TASK BRIEF ::
Could you print the entries below exactly, starting at the line that contains "let third = text_end(records::is_text(code, kind, 3), words[at" and stopping after the last one?

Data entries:
+++

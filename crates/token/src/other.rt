// A number that names no reason.
ghost use Rattle.std.specs.Prelude.{◌≡◌, false};
ghost use Rattle.token.specs.Named.{is_named};

#[derive(Clone, Copy, PartialEq, Eq)]
pub struct OtherNumber {
    pub number: u32,
    pub ghost other: { is_named number ≡ false },
}
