// A token with its span, and a refusal with its reason, its span and the place reached.
ghost use Rattle.std.specs.Prelude.{◌≡◌};
ghost use Rattle.token.specs.Reads.{got_of, point_refusal, refusal_in, refused_of};

use crate::kind::Kind;
use crate::other::OtherNumber;
use crate::reason::Reason;

// Bytes from start to before end; a point where the two are equal.
#[derive(Clone, Copy, PartialEq, Eq)]
pub struct Span {
    pub start: usize,
    pub end: usize,
}

#[derive(Clone, Copy)]
pub struct Token {
    pub kind: Kind,
    pub span: Span,
}

#[derive(Clone, Copy, PartialEq, Eq)]
pub struct Refusal {
    pub reason: Reason,
    pub span: Span,
    pub reached: usize,
}

pub fn got(kind: Kind, start: usize, end: usize) -> Result<Token, Refusal>
    ensures { result ≡ got_of kind start end }
{
    Ok(Token {
        kind,
        span: Span { start, end },
    })
}

// A refusal of a place or of a record alone.
pub fn point(reason: Reason, at: usize) -> Refusal
    ensures { result ≡ point_refusal reason at }
{
    Refusal {
        reason,
        span: Span { start: at, end: at },
        reached: at,
    }
}

pub fn refused(reason: Reason, start: usize, end: usize, reached: usize) -> Result<Token, Refusal>
    ensures { result ≡ refused_of reason start end reached }
{
    Err(Refusal {
        reason,
        span: Span { start, end },
        reached,
    })
}

// The refusal of an answer; of a token, one with number 0 at its end.
pub fn refusal_in(answer: Result<Token, Refusal>) -> Refusal
    ensures { result ≡ refusal_in answer }
{
    match answer {
        Ok(token) => point(
            Reason::Other {
                number: OtherNumber { number: 0 },
            },
            token.span.end,
        ),
        Err(refusal) => refusal,
    }
}
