// Action lists written back (document 02, M-109): records and texts in one fixed spelling, where that reads back to them.

#![tactic(auto)]

mod entries;
mod fitting;
mod naming;
mod passing;
mod putting;
mod spelling;
mod writing;

pub use writing::write_actions;
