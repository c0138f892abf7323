// The fixed spelling of one record.
ghost use Rattle.std.specs.Prelude.{◌≡◌, true, ◌+◌, ◌≤◌, length};
ghost use Rattle.lent.specs.Sizes.{limit};
ghost use Rattle.listing.specs.Steps.{far, Puts};
ghost use Rattle.records.specs.Codes.{is_kind};
ghost use Rattle.records.specs.Actions.{action_text};
ghost use Rattle.spelled.specs.Spelling.{tail, value_in, setvar_text, setvar_in, spell};
ghost use Rattle.spelled.specs.Steps.{Placed, entry_action, mark_for, behind_name, rule_for, broad};

use crate::entries::Entry;
use crate::fitting::has_byte;
use crate::naming::put_name;
use crate::putting::{put_after, put_byte, put_bytes, put_number, put_step};
use single_action::Rule;

// The mark around it: single, or double where a text holds a single one; 0 where it has none.
pub fn mark_for(rule: Rule, texts: &[u8]) -> u8
    ensures { result ≡ mark_for rule texts.now }
{
    match rule {
        Rule::Unmarked => { if has_byte(texts, 39) { 34 } else { 39 } }
        Rule::Setting => { if has_byte(texts, 39) { 34 } else { 39 } }
        _ => 0,
    }
}

// A setvar's value, with its `=`: nothing for Delete and the text 1.
fn put_value(out: &mut [u8], at: usize, kind: u64, number: u64, value: &[u8]) -> usize
    requires { at + 24 + length value.now ≤ far }
    ensures { Puts out.old out.new at result (tail (value_in kind number value.now)) }
{
    match kind {
        1 => {
            if ascii::is_same(value, b"1") {
                return at;
            }
            put_after(out, at, b'=', value)
        }
        2 => put_number(out, at, b'=', number),
        3 => put_step(out, at, b'+', number),
        4 => put_step(out, at, b'-', number),
        6 => put_after(out, at, b'=', value),
        _ => at,
    }
}

// A setvar between its marks.
fn put_setvar(out: &mut [u8], at: usize, e: Entry, text: &[u8]) -> usize
    requires placed { Placed text.now e }
    requires kind_value { is_kind e.kind ≡ true }
    requires broad_bound { at + broad ≤ far }
    ensures { Puts out.old out.new at result (setvar_text (setvar_in (entry_action text.now e))) }
{
    let first = e.first;
    let second = e.second;
    let third = e.third;
    let end = e.past;
    let mut inside = at;
    if e.kind == records::DELETE_KIND {
        inside = put_byte(out, at, b'!');
    }
    let dot = put_bytes(out, inside, &text[first..second]);
    let past = put_after(out, dot, b'.', &text[second..third]);
    put_value(out, past, e.kind, e.number, &text[third..end])
}

// What stands behind the name, the colon with it.
fn put_argument(out: &mut [u8], at: usize, rule: Rule, e: Entry, text: &[u8], mark: u8) -> usize
    requires placed { Placed text.now e }
    requires rule_value { rule ≡ rule_for e.code }
    requires broad_bound { at + broad + 3 ≤ far }
    ensures { Puts out.old out.new at result (behind_name rule mark (entry_action text.now e)) }
{
    let first = e.first;
    let second = e.second;
    let third = e.third;
    let a = &text[first..second];
    match rule {
        Rule::Plain => at,
        Rule::Wanted => put_after(out, at, b':', a),
        Rule::Unmarked => {
            let open = put_byte(out, at, b':');
            let past = put_after(out, open, mark, a);
            put_byte(out, past, mark)
        }
        Rule::UpTo(_) => put_number(out, at, b':', e.number),
        Rule::Severity => put_number(out, at, b':', e.number),
        Rule::Equation => {
            let past = put_after(out, at, b':', a);
            put_after(out, past, b'=', &text[second..third])
        }
        Rule::Expiry => {
            let past = put_after(out, at, b':', a);
            put_number(out, past, b'=', e.number)
        }
        Rule::Setting => {
            let open = put_byte(out, at, b':');
            let inside = put_byte(out, open, mark);
            let past = put_setvar(out, inside, e, text);
            put_byte(out, past, mark)
        }
    }
}

// The whole of it.
pub fn put_entry(out: &mut [u8], at: usize, rule: Rule, e: Entry, text: &[u8], mark: u8) -> usize
    requires placed { Placed text.now e }
    requires code_bound { (e.code ≤ 32) × (rule ≡ rule_for e.code) }
    requires mark_value { mark ≡ mark_for rule (action_text (entry_action text.now e)) }
    requires at_bound { at ≤ limit + 1 }
    ensures { Puts out.old out.new at result (spell (entry_action text.now e)) }
{
    let named = put_name(out, at, e.code);
    put_argument(out, named, rule, e, text, mark)
}
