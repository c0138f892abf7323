// The cutter's walk over a record's texts, with the normaliser's and the gate's: bytes that would not stay as they are.
ghost use Rattle.std.specs.Prelude.{◌≡◌, ◌+◌, ◌<◌, length, drop};
ghost use Rattle.actions.specs.Pieces.{nest};
ghost use Rattle.spelled.specs.Steps.{line_end, stepped_bare, stepped, passed, passed_all};

// The open quotation mark, 0 for none, and the depth of brackets.
#[derive(Clone, Copy)]
pub struct Open {
    pub mark: u8,
    pub depth: usize,
}

// Whether a line end stands at a place: a backslash before it would take it out.
fn is_line_end(t: &[u8], at: usize) -> bool
    ensures { result ≡ line_end (drop at t.now) }
{
    at < t.len() && (t[at] == b'\n' || t[at] == b'\r')
}

// Behind a byte with no mark open; none where it does not stay.
fn step_bare(depth: usize, b: u8) -> Option<Open>
    requires { depth < 9223372036854775807 }
    ensures { result ≡ stepped_bare depth b }
{
    match b {
        b'"' => Some(Open { mark: b, depth }),
        b'\'' => Some(Open { mark: b, depth }),
        b'(' => Some(Open {
            mark: 0,
            depth: depth + 1,
        }),
        b')' => Some(Open {
            mark: 0,
            depth: depth.saturating_sub(1),
        }),
        b',' if depth == 0 => None,
        _ => Some(Open { mark: 0, depth }),
    }
}

// Behind the byte at a place.
fn step(from: Open, t: &[u8], at: usize) -> Option<Open>
    requires at_in_bounds { at < length t.now }
    requires depth_bound { from.depth < 9223372036854775807 }
    ensures { result ≡ stepped (nest from.mark from.depth) (drop at t.now) }
{
    let b = t[at];
    if 128 <= b {
        return None;
    }
    if b == b'\\' && is_line_end(t, at + 1) {
        return None;
    }
    if from.mark == 0 {
        return step_bare(from.depth, b);
    }
    Some(Open {
        mark: if b == from.mark { 0 } else { from.mark },
        depth: from.depth,
    })
}

// Behind a text.
fn pass(from: Open, t: &[u8]) -> Option<Open>
    requires { from.depth + length t.now < 9223372036854775807 }
    ensures { result ≡ passed (nest from.mark from.depth) t.now }
{
    let mut reached = from;
    for at in 0..t.len() {
        reached = step(reached, t, at)?;
    }
    Some(reached)
}

// Behind three texts.
pub fn pass_all(mark: u8, a: &[u8], b: &[u8], c: &[u8]) -> Option<Open>
    requires { length a.now + length b.now + length c.now < 9223372036854775807 }
    ensures { result ≡ passed_all mark a.now b.now c.now }
{
    let first = pass(Open { mark, depth: 0 }, a)?;
    let second = pass(first, b)?;
    pass(second, c)
}
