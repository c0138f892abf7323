// One record of lent words: its code, its numbers, and where its texts stand.
ghost use Rattle.std.specs.Prelude.{◌≡◌, ◌+◌, ◌≤◌, min, length, drop};
ghost use Rattle.lent.specs.Sizes.{action_words};
ghost use Rattle.records.specs.Marks.{end_most};
ghost use Rattle.spelled.specs.Records.{whole, start};
ghost use Rattle.spelled.specs.Steps.{text_end, ReadEntry};

// The texts a, b and c stand one after another: from `first`, `second` and `third` on, and up to `past`. One that is absent is empty.
#[derive(Clone, Copy)]
pub struct Entry {
    pub code: u64,
    pub number: u64,
    pub kind: u64,
    pub first: usize,
    pub second: usize,
    pub third: usize,
    pub past: usize,
}

// The offset of the first text; one past all n bytes of the buffer, where none can stand, is taken for its end.
pub fn first_offset(words: &[u64], n: usize) -> usize
    ensures { result ≡ min (start (whole words.now) words.now) n }
{
    for count in 0..lent::room(words.len(), lent::ACTION_WORDS) {
        let at = count * lent::ACTION_WORDS;
        if records::is_text(words[at], words[at + 4], 2) {
            return n.min(lent::span_offset(words[at + 2]) as usize);
        }
    }
    0
}

// Where a text ends that starts at `at`: past all n bytes of the buffer where its word is another.
fn text_end(text: bool, word: u64, at: usize, n: usize) -> usize
    requires { n ≤ 9223372036854775807 }
    ensures { result ≡ text_end text word at n }
{
    if !text {
        return if word == 0 { at } else { n + 1 };
    }
    let end = lent::span_offset(word) + lent::span_length(word);
    if lent::span_offset(word) != at as u64 {
        return n + 1;
    }
    if (u32::MAX as u64) < end {
        return n + 1;
    }
    if (n as u64) < end {
        return n + 1;
    }
    end as usize
}

// The record at a place, the offset `first` being reached; none where its words are none that a reader writes.
pub fn read_entry(words: &[u64], at: usize, first: usize, text: &[u8]) -> Option<Entry>
    requires action_words_in_bounds { at + action_words ≤ length words.now }
    requires first_in_bounds { (first ≤ length text.now) × (first ≤ end_most) }
    ensures { ReadEntry text.now first (drop at words.now) result }
{
    let code = words[at];
    let kind = words[at + 4];
    if !records::is_known(code, kind) {
        return None;
    }
    let n = text.len();
    let second = text_end(records::is_text(code, kind, 2), words[at + 2], first, n);
    let third = text_end(records::is_text(code, kind, 3), words[at + 3], second, n);
    let past = text_end(records::is_text(code, kind, 5), words[at + 5], third, n);
    if n < past {
        return None;
    }
    Some(Entry {
        code,
        number: words[at + 1],
        kind,
        first,
        second,
        third,
        past,
    })
}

+++

FINAL ANSWER ::
    let third = text_end(records::is_text(code, kind, 3), words[at + 3], second, n);
    let past = text_end(records::is_text(code, kind, 5), words[at + 5], third, n);
    if n < past {
        return None;
    }
    Some(Entry {
        code,
        number: words[at + 1],
        kind,
        first,
        second,
        third,
        past,
    })
}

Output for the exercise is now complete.